Cards should now be sent to:
Madison Hinz
42740 US HWY 63
Cable, WI 54821-4596
someone from there will be going to see and bring mail, etc. to her and my daughter several times a week and will bring anything sent her. They will be staying in Minneapolis for at least another month.
i will post photos in the morning. I myself haven’t really been feeling that great for that past four or so days-seems to just a sinus infection/allergies.
UPDATE 6/25/24
yesterday Madison slept a lot and was awake mostly for meals and therapy. The doctors and nurses assured my daughter this was normal as the third day kicks in. She was really down yesterday evening getting her days mixed up, thinking it was more like a week after surgery and everyone forgot about her until several nurses showed their phones to her to assure she really only slept most of most Monday not “forever”!
she walked again today but only managed about 35 feet before returning to her room. She has a PCA for pain but doesn’t really want to use it because it makes her too sleepy. She’s afraid of falling asleep for too long and not being able to wake up. Everyone keeps trying to assure her that ont happen and they won’t let it happen. It’s scary to hear talk about fear when she never had any real fears before.
she got her first card today from her great grandmother that was sent on Friday, so she is hoping for more as it made her feel connected outside of the hospital. A package my other daughter sent was misplaced at the post office was delayed but she has two packages that I sent yesterday that Amazon sent and arrived early today. They will be delivered to her in the morning. I should bring her some distraction.

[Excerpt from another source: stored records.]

//! What the bytes of a store stand for.
use crate::entries::Entries;

/// What the bytes of a store stand for.
#[derive(Drop)]
pub struct Opened {
    /// What its commits leave.
    pub entries: Entries,
    /// The offset of the gate behind the last commit, at which the next commit goes; the store may end there. In a store
    /// that is being compacted it is where this gate stands once that is done.
    pub gate: u64,
}
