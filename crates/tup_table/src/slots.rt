//! How entries are kept in memory.
ghost use Rattle.std.specs.Prelude.{◌≡◌, OnOk, IfErr, MatchResult};
ghost use Rattle.std.specs.BTreeMap.{insert_entry, IsOrdered};
ghost use Rattle.tup_path.specs.Order.{by_bytes};
ghost use Rattle.tup_table.specs.Entries.{changed, committed};
ghost use Rattle.tup_table.specs.Slots.{standing, HasSlot, HasRoom, HaveRoom, RoomStays};

use crate::change::Change;
use crate::entry::Entry;
use crate::fault::TableFault;
use std::alloc::Global;
use std::collections::{BTreeMap, VecDeque};
use tup_path::Bytes;

/// Keys with what stands under them; `None` where a key has room and no value.
pub(crate) type Slots = BTreeMap<Bytes, Option<Entry>>;

/// Makes room for the keys that changes put. What stands there stays, also after a refusal.
pub(crate) fn make_room(
    alloc: Global,
    slots: &mut Slots,
    changes: &[Change],
) -> Result<(), TableFault>
    requires { IsOrdered by_bytes slots.old }
    ensures same { standing slots.new.entries ≡ standing slots.old.entries }
    ensures room { OnOk result (HaveRoom slots.new.entries changes.now) }
    ensures err { IfErr result (λ fault. fault ≡ TableFault.Memory) }
    ensures ordered { IsOrdered by_bytes slots.new }
{
    for change in changes {
        if let Change::Put { key, .. } = change {
            make_slot(alloc, slots, key)?;
        }
    }
    Ok(())
}

/// Makes room for a key. What stands there stays, also after a refusal, and no room goes.
fn make_slot(alloc: Global, slots: &mut Slots, key: &Bytes) -> Result<(), TableFault>
    requires { IsOrdered by_bytes slots.old }
    ensures same { standing slots.new.entries ≡ standing slots.old.entries }
    ensures room { OnOk result (HasSlot slots.new.entries key.now) }
    ensures kept { RoomStays slots.old.entries slots.new.entries }
    ensures err { IfErr result (λ fault. fault ≡ TableFault.Memory) }
    ensures ordered { IsOrdered by_bytes slots.new }
{
    if !slots.contains_key(key) {
        let key = Bytes::new(Vec::from_slice(alloc, key.as_slice())?);
        slots.insert(key, None)?;
    }
    Ok(())
}

/// The changes copied, to be taken in once they are written.
pub(crate) fn copies(alloc: Global, changes: &[Change]) -> Result<VecDeque<Change>, TableFault>
    ensures { MatchResult result
        (λ copies. copies.items ≡ changes.now) (λ fault. fault ≡ TableFault.Memory) }
{
    let mut copies = VecDeque::with_capacity(alloc, changes.len())?;
    for change in changes {
        copies.push_back(change.clone()?)?;
    }
    Ok(copies)
}

/// Takes in the changes of the commit behind the gate at an offset, for which there is room. It takes no memory.
pub(crate) fn settle(slots: &mut Slots, mut changes: VecDeque<Change>, origin: u64)
    requires ordered { IsOrdered by_bytes slots.old }
    requires room { HaveRoom slots.old.entries changes.items }
    ensures committed { standing slots.new.entries
        ≡ committed origin (standing slots.old.entries) changes.items }
    ensures ordered { IsOrdered by_bytes slots.new }
{
    'changes: while let Some(change) = changes.pop_front() {
        settle_change(slots, change, origin);
    }
}

/// Takes in a change for which there is room; no room goes.
fn settle_change(slots: &mut Slots, change: Change, origin: u64)
    requires ordered { IsOrdered by_bytes slots.old }
    requires room { HasRoom slots.old.entries change }
    ensures changed { standing slots.new.entries
        ≡ changed origin (standing slots.old.entries) change }
    ensures kept { RoomStays slots.old.entries slots.new.entries }
    ensures ordered { IsOrdered by_bytes slots.new }
{
    match change {
        Change::Put { key, value } => put(slots, key, Some(Entry { value, origin })),
        Change::Delete { key } => {
            if slots.contains_key(&key) {
                put(slots, key, None);
            }
        }
    }
}

/// Fills a key's slot, which is there, or empties it.
fn put(slots: &mut Slots, key: Bytes, slot: Option<Entry>)
    requires { HasSlot slots.old.entries key }
    ensures entries { slots.new.entries ≡ insert_entry by_bytes slots.old.entries key slot }
    ensures ordered { IsOrdered by_bytes slots.new }
    ensures kept { RoomStays slots.old.entries slots.new.entries }
{
    match slots.insert(key, slot) {
        Ok(_) => {}
        Err(_) => unreachable!(),
    }
}
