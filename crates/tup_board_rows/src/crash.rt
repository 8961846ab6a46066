//! What a crash leaves of a site, by three choices.
use std::alloc::{AllocError, Global};
use tup_path::{Bytes, Items, Path};
use tup_rows::RowFault;
use tup_rule::Rule;
use tup_site::{Changed, Choice, MemSite};

/// Crashes into a choice: 0 leaves all as it is; 1 takes away the first output that isn't durable; 2 tears it, and where
/// there is none the store's last byte. Where all is durable, it stays.
pub(crate) fn crash(
    alloc: Global,
    site: &mut MemSite,
    rules: &[Rule],
    choice: u32,
) -> Result<(), RowFault> {
    let is_chosen = match choice {
        0 => false,
        1 => leaves_first(alloc, site, rules, None),
        _ => leaves_torn(alloc, site, rules),
    };
    if is_chosen || leaves(alloc, site, Items::new(alloc)) {
        Ok(())
    } else {
        Err(RowFault::OtherKind)
    }
}

fn leaves_torn(alloc: Global, site: &mut MemSite, rules: &[Rule]) -> bool {
    leaves_first(alloc, site, rules, Some(b"torn")) || leaves_torn_store(alloc, site)
}

/// Whether it crashed into the first output that isn't durable having this content.
fn leaves_first(alloc: Global, site: &mut MemSite, rules: &[Rule], content: Option<&[u8]>) -> bool {
    for rule in rules {
        if leaves_one(alloc, site, rule.outputs.as_slice(), content) {
            return true;
        }
    }
    false
}

/// The same of the first of these paths.
fn leaves_one(alloc: Global, site: &mut MemSite, paths: &[Path], content: Option<&[u8]>) -> bool {
    for path in paths {
        if leaves_at(alloc, site, path, content) {
            return true;
        }
    }
    false
}

fn leaves_at(alloc: Global, site: &mut MemSite, path: &Path, content: Option<&[u8]>) -> bool {
    match changed(alloc, path, content) {
        Ok(tree) => leaves(alloc, site, tree),
        Err(_) => false,
    }
}

fn changed(alloc: Global, path: &Path, content: Option<&[u8]>) -> Result<Changed, AllocError> {
    let mut changed = Items::new(alloc);
    changed.push((path.clone()?, bytes_of(alloc, content)?))?;
    Ok(changed)
}

fn bytes_of(alloc: Global, content: Option<&[u8]>) -> Result<Option<Bytes>, AllocError> {
    match content {
        Some(content) => Ok(Some(Bytes::new(Vec::from_slice(alloc, content)?))),
        None => Ok(None),
    }
}

/// Whether it crashed into the present store and these files.
fn leaves(alloc: Global, site: &mut MemSite, tree: Changed) -> bool {
    match Vec::from_slice(alloc, site.store()) {
        Ok(db) => crash_into(alloc, site, Bytes::new(db), tree),
        Err(_) => false,
    }
}

/// Whether it crashed into a store whose last byte is another one.
fn leaves_torn_store(alloc: Global, site: &mut MemSite) -> bool {
    match torn(alloc, site.store()) {
        Ok(db) => crash_into(alloc, site, db, Items::new(alloc)),
        Err(_) => false,
    }
}

fn torn(alloc: Global, store: &[u8]) -> Result<Bytes, AllocError> {
    let mut db = Vec::from_slice(alloc, store)?;
    if let Some(last) = db.last_mut() {
        *last = 7;
    }
    Ok(Bytes::new(db))
}

fn crash_into(alloc: Global, site: &mut MemSite, db: Bytes, tree: Changed) -> bool {
    site.crash(alloc, Choice { db, tree }).is_ok()
}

i have had several of the Peas ask about sending some small thins for her and if we could set up an Amazon Wishlist. My daughter really isn’t into setting up a wishlist but isn’t opposed to sending small things to Madison that might help occupy her time. She doesn’t want Madison to learn to play off her illness or use it as personal gain. However, if someone should desire to give her something, keep it small, please and low in monetary value. Madison is a voracious reader and still like paper back books—appropriate age related 16 year old books , girl detective, scientist, explore, computer geek type books. She also loves crafts, latch hook, small embroidery, hand sewn craft amigurami stuffed animals, beading projects, peeler bead projects, etc. Her diet is pretty much unlimited with the exception of low sodium, low fat, no peanuts, no chocolate for now—so any individual type of snacks is fine. Oh, she is also a wonderful artist and like charcoal drawing, pastels. She’s does diamond painting too. Please remember, this is nothing but a list of things she like to do that doesn’t require excess physical activity but keeps her mind occupied. Anything you send can be sent to the address below. Amazon did a great job with my delivery.

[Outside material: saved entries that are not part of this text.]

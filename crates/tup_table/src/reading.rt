//! How the bytes of a store are read.
ghost use Rattle.std.specs.Prelude.{◌≡◌, ◌≢◌, ◌⊎◌, ◌∷◌, ◌++◌, [], ◌+◌, ◌-◌, ◌<◌, ◌≤◌, ◌↔◌, take, drop, List, ℕ, length, IsTrue, Ok, Err, Result, MatchOption, MatchResult};
ghost use Rattle.tup_path.specs.Gives.{GivesUnless};
ghost use Rattle.tup_table.specs.Front.{Front, NoFront};
ghost use Rattle.tup_table.specs.Spelling.{change_spelling, ChangeFits, payload as payload_of, ChangesFit, commit, CommitFits};
ghost use Rattle.tup_table.specs.Store.{first_bytes, most_live, IsHead, HasHead, IsEnd, switch_of, start_of};
ghost use Rattle.tup_table.specs.Entries.{committed};
ghost use Rattle.tup_table.specs.Reading.{ReadsAs, AreaReadsAs, FindsAs, opened_by};
ghost use Rattle.tup_table.specs.declared.change.Change.{Change};
ghost use Rattle.tup_table.specs.declared.fault.TableFault.{TableFault};
ghost use Rattle.tup_table.specs.declared.opened.Opened.{Opened};

use crate::compacting::snapshot_of;
use crate::fault::TableFault;
use crate::found::Found;
use crate::gathered::Gathered;
use crate::opened::Opened;
use crate::reader::Reader;
use crate::seen::Seen;
use byteorder::{BigEndian, ByteOrder};
use std::alloc::Global;

/// How a store begins; the last byte is the version.
const FIRST_BYTES: [u8; 8] = *b"tup-db2\x01";

/// The offset of the low area.
pub(crate) const LOW: u64 = 17;

/// The most bytes that a store may have once it is compacted.
pub(crate) const MAX_LIVE: u64 = 268_435_456;

/// What the bytes of a store stand for. `NotThere` where there are no bytes; `BadStore` names the offset at
/// which they are damaged. Memory is taken for bytes that are there alone, whatever a length says.
pub fn read(alloc: Global, bytes: &[u8]) -> Result<Opened, TableFault>
    // What is answered is what the bytes read as.
    ensures reads { (result ≡ Err TableFault.Memory) ⊎ ReadsAs bytes.now result }
    // They read as nothing else.
    ensures only { (answer : Result Opened TableFault) → ReadsAs bytes.now answer
        → GivesUnless result TableFault.Memory answer }
{
    let found = find(alloc, bytes)?;
    Ok(opened(found))
}

/// What a store stands for, by where it was read.
pub(crate) fn opened(found: Found) -> Opened
    ensures { result ≡ opened_by found }
{
    match found {
        Found::Low(opened) => opened,
        Found::High { snapshot, .. } => snapshot.opened,
    }
}

/// Where the bytes of a store were read.
pub(crate) fn find(alloc: Global, bytes: &[u8]) -> Result<Found, TableFault>
    ensures { (result ≡ Err TableFault.Memory) ⊎ FindsAs bytes.now result }
{
    if bytes.is_empty() {
        return Err(TableFault::NotThere);
    }
    let Some((head, low)) = split_head(bytes) else {
        return Err(TableFault::BadStore { offset: 0 });
    };
    if is_switched(head) {
        return find_high(alloc, start_in(head), low);
    }
    let opened = read_area(alloc, LOW, low)?;
    Ok(Found::Low(opened))
}

/// The head of a store, and what stands behind it.
fn split_head(bytes: &[u8]) -> Option<(&[u8], &[u8])>
    ensures { MatchOption result ((head low : List ℕ) → HasHead bytes.now head low → ⊥)
        (λ parts. HasHead bytes.now parts.0.now parts.1.now) }
{
    let (head, low) = bytes.split_at_checked(LOW as usize)?;
    if !begins(head) {
        return None;
    }
    Some((head, low))
}

/// Whether a head begins with the first bytes of a store.
fn begins(head: &[u8]) -> bool
    requires { length head.now ≡ 17 }
    ensures { IsTrue result ↔ (take 8 head.now ≡ first_bytes) }
{
    &head[..8] == FIRST_BYTES.as_slice()
}

/// Whether the switch is open, in a head.
fn is_switched(head: &[u8]) -> bool
    requires { length head.now ≡ 17 }
    ensures { IsTrue result ↔ (switch_of head.now ≡ 1) }
{
    head[8] == 1
}

/// Where the high area begins, by a head.
fn start_in(head: &[u8]) -> u64
    requires { length head.now ≡ 17 }
    ensures { result ≡ start_of head.now }
{
    BigEndian::read_u64(&head[9..])
}

/// What the high area stands for, by its start and by what stands behind the head.
fn find_high(alloc: Global, start: u64, low: &[u8]) -> Result<Found, TableFault>
    ensures { (head : List ℕ) → IsHead head → switch_of head ≡ 1 → start ≡ start_of head
        → (result ≡ Err TableFault.Memory) ⊎ FindsAs (head ++ low.now) result }
{
    let Some(area) = area_from(start, low) else {
        return Err(BAD_START);
    };
    let Opened { entries, gate } = read_area(alloc, start, area)?;
    if !has_room_below(start, entries.live()) {
        return Err(BAD_START);
    }
    let snapshot = snapshot_of(alloc, &entries)?;
    Ok(Found::High {
        snapshot,
        end: gate,
    })
}

/// Whether a compacted store of this many bytes ends before the start, and has no more bytes than it may have.
fn has_room_below(start: u64, live: u64) -> bool
    ensures { IsTrue result ↔ (live ≤ start) × (live ≤ most_live) }
{
    live <= start && live <= MAX_LIVE
}

/// The start of the high area is wrong.
const BAD_START: TableFault = TableFault::BadStore { offset: 9 };

/// What stands from the start on, which is behind the head by one byte at least, and inside the store.
fn area_from(start: u64, low: &[u8]) -> Option<&[u8]>
    ensures { MatchOption result ((start < 18) ⊎ (17 + length low.now < start))
        (λ area. (18 ≤ start) × (start ≤ 17 + length low.now)
        × (area.now ≡ drop (start - 17) low.now)
        × (start + length area.now ≤ 18446744073709551615)) }
{
    let below = start.checked_sub(LOW)?;
    if below == 0 || below > low.len() as u64 {
        return None;
    }
    Some(&low[below as usize..])
}

/// What an area stands for that begins at an offset; its entries have the origins that they would have in the low area.
pub(crate) fn read_area(alloc: Global, start: u64, area: &[u8]) -> Result<Opened, TableFault>
    requires { start + length area.now ≤ 18446744073709551615 }
    ensures { (result ≡ Err TableFault.Memory) ⊎ AreaReadsAs start area.now result }
{
    let mut entries = Gathered::new(alloc);
    let mut rest = area;
    'commits: while let Some(block) = behind_gate(rest) {
        let done = passed(area, rest);
        rest = take_commit(&mut entries, LOW + done, start + done, block)?;
    }
    let gate = start + passed(area, rest);
    let entries = entries.into_entries(alloc)?;
    Ok(Opened { entries, gate })
}

/// How many bytes of an area were read, by what is left of it.
fn passed(area: &[u8], rest: &[u8]) -> u64
    requires { length rest.now ≤ length area.now }
    ensures { result ≡ length area.now - length rest.now }
{
    (area.len() - rest.len()) as u64
}

/// What stands behind an open gate, or `None` where the reading ends.
fn behind_gate(bytes: &[u8]) -> Option<&[u8]>
    ensures { MatchOption result (IsEnd bytes.now)
        (λ block. (bytes.now ≡ 1 ∷ block.now) × (block.now ≢ [])) }
{
    match bytes {
        [1, block @ ..] if !block.is_empty() => Some(block),
        _ => None,
    }
}

/// Takes in the commit behind the gate at an offset, with another offset as the origin of its changes, and gives what stands
/// behind it. After a refusal the entries are of no use.
fn take_commit<'a>(
    entries: &mut Gathered<'a>,
    origin: u64,
    gate: u64,
    block: &'a [u8],
) -> Result<&'a [u8], TableFault>
    ensures { MatchResult result
        (λ rest. (changes : List Change) × Front CommitFits commit block.now changes rest.now
        × (entries.new ≡ committed origin entries.old changes))
        (λ fault. (fault ≡ TableFault.Memory)
        ⊎ ((fault ≡ TableFault.BadStore gate) × NoFront CommitFits commit block.now)) }
{
    let mut reader = Reader::new(block);
    let Some(payload) = reader.long() else {
        return Err(TableFault::BadStore { offset: gate });
    };
    take_changes(entries, origin, gate, payload)?;
    Ok(reader.rest())
}

/// Takes in the changes of the commit behind the gate at an offset, all of these bytes, with another offset as their origin.
/// After a refusal the entries are of no use.
fn take_changes<'a>(
    entries: &mut Gathered<'a>,
    origin: u64,
    gate: u64,
    payload: &'a [u8],
) -> Result<(), TableFault>
    ensures { MatchResult result
        (λ _. (changes : List Change) × ChangesFit changes × (payload.now ≡ payload_of changes)
        × (entries.new ≡ committed origin entries.old changes))
        (λ fault. (fault ≡ TableFault.Memory) ⊎ ((fault ≡ TableFault.BadStore gate)
        × ((changes : List Change) → ChangesFit changes → payload.now ≢ payload_of changes))) }
{
    let mut reader = Reader::new(payload);
    'changes: while !reader.is_done() {
        let Some(change) = next_change(&mut reader) else {
            return Err(TableFault::BadStore { offset: gate });
        };
        entries.apply(change, origin)?;
    }
    Ok(())
}

/// The change at the front of the bytes, if one is there.
fn next_change<'a>(reader: &mut Reader<'a>) -> Option<Seen<'a>>
    ensures { MatchOption result (NoFront ChangeFits change_spelling reader.old)
        (λ change. Front ChangeFits change_spelling reader.old change reader.new) }
{
    match reader.byte()? {
        1 => next_put(reader),
        2 => next_delete(reader),
        _ => None,
    }
}

/// The change behind the mark 1.
fn next_put<'a>(reader: &mut Reader<'a>) -> Option<Seen<'a>>
    ensures { MatchOption result (NoFront ChangeFits change_spelling (1 ∷ reader.old))
        (λ change. Front ChangeFits change_spelling (1 ∷ reader.old) change reader.new) }
{
    let key = reader.short()?;
    let value = reader.long()?;
    Some(Seen {
        key,
        value: Some(value),
    })
}

/// The change behind the mark 2.
fn next_delete<'a>(reader: &mut Reader<'a>) -> Option<Seen<'a>>
    ensures { MatchOption result (NoFront ChangeFits change_spelling (2 ∷ reader.old))
        (λ change. Front ChangeFits change_spelling (2 ∷ reader.old) change reader.new) }
{
    let key = reader.short()?;
    Some(Seen { key, value: None })
}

And, please send a card or two, she is very excited to receive these!
UPDATE 6/23/24
Madison is improving. She made through the surgery and into recovery about midnight Friday night. Yesterday mid morning PT saw her and she was awake, alert and and the goal was to get out of bed and ambulate to the door and to the chair. She actually made about fifty feet and surprised her mom and my DH in the ICU family waiting room.
The doctors were able to close the incision fully as the liver she received was very healthy and not too big. Late yesterday evening they removed the central line, placed a PICC line for longer use, discontinued her oxygen and got her into the chair after walking about the room again. Her urine is still dark but improving.
please keep sending cards as her spirits are low today and the few she received from friend and family seem to revive her some. Any kind would be welcome from the silly to the pretty. I thank you again in advance. Later today they are hoping to move her to a step down unit room since she is on track or slightly better than expected with the new liver transplant! She is an amazing young girl and we are all so grateful. We know that everyone’s thoughts and prayers have contributed to health improvement!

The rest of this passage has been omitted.